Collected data
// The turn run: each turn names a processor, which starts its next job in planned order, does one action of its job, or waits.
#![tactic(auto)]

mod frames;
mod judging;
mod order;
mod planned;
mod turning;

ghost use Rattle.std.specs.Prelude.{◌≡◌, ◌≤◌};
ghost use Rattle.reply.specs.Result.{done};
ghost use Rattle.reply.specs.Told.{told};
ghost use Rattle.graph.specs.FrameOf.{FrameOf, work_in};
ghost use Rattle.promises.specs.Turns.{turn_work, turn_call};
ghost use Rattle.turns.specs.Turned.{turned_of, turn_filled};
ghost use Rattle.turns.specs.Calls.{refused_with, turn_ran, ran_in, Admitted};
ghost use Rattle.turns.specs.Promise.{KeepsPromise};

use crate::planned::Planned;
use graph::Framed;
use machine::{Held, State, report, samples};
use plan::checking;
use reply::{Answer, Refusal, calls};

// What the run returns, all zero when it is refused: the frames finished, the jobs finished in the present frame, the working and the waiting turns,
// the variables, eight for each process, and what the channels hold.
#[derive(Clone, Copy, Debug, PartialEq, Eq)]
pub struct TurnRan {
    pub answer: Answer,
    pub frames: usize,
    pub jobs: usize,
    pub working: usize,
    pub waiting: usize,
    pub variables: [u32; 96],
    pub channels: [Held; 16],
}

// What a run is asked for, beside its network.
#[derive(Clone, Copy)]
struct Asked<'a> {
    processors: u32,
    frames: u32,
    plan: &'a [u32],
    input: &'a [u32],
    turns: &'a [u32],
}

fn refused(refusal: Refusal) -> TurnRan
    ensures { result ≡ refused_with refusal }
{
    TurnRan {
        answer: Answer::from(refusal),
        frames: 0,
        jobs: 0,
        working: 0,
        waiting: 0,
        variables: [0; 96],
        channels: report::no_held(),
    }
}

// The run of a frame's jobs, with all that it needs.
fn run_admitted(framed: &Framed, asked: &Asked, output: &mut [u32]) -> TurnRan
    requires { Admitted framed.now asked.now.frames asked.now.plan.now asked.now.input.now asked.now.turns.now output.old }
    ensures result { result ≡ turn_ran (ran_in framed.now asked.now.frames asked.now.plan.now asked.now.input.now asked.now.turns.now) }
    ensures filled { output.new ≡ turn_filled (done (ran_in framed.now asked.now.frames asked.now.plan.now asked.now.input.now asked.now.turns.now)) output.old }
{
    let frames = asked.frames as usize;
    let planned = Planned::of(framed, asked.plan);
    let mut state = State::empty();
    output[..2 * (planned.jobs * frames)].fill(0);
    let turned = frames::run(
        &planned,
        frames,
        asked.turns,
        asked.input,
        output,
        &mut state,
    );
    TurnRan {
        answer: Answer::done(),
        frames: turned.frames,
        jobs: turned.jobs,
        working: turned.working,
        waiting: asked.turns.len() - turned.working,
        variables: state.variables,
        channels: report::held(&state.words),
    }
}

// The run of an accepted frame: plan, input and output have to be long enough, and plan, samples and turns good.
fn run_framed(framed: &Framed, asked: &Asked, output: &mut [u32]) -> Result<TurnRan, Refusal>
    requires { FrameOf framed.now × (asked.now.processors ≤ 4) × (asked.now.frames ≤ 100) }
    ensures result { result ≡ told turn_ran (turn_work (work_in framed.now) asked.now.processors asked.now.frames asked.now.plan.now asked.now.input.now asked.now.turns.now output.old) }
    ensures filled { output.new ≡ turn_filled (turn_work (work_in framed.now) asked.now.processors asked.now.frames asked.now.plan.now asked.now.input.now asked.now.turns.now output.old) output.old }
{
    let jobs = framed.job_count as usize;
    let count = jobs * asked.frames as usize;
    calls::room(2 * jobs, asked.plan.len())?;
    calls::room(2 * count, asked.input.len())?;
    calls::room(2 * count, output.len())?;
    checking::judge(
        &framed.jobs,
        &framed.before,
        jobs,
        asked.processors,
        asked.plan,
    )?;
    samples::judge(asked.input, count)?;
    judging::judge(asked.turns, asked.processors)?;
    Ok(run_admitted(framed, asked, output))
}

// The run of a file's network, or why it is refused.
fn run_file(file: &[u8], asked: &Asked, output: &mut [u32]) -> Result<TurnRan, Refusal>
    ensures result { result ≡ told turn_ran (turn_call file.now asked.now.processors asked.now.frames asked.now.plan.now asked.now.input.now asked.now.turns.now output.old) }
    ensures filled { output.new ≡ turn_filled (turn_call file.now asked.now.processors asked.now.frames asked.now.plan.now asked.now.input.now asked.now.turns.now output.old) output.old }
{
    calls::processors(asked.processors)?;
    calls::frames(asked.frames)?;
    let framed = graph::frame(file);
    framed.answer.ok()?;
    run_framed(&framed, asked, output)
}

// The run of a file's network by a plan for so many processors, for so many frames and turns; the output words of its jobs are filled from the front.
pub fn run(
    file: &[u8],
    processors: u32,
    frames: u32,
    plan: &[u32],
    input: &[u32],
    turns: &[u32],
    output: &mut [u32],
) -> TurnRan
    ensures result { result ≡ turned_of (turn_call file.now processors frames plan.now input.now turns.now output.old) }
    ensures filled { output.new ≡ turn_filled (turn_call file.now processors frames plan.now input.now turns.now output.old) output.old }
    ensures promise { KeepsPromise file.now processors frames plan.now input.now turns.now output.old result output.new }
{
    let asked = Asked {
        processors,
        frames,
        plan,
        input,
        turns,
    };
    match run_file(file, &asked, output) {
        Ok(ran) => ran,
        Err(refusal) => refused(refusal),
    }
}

### What to do
From the data, collect all lines where the string "done" appears.

### The answer
ghost use Rattle.reply.specs.Result.{done};
    ensures filled { output.new ≡ turn_filled (done (ran_in framed.now asked.now.frames asked.now.plan.now asked.now.input.now asked.now.turns.now)) output.old }
        answer: Answer::done(),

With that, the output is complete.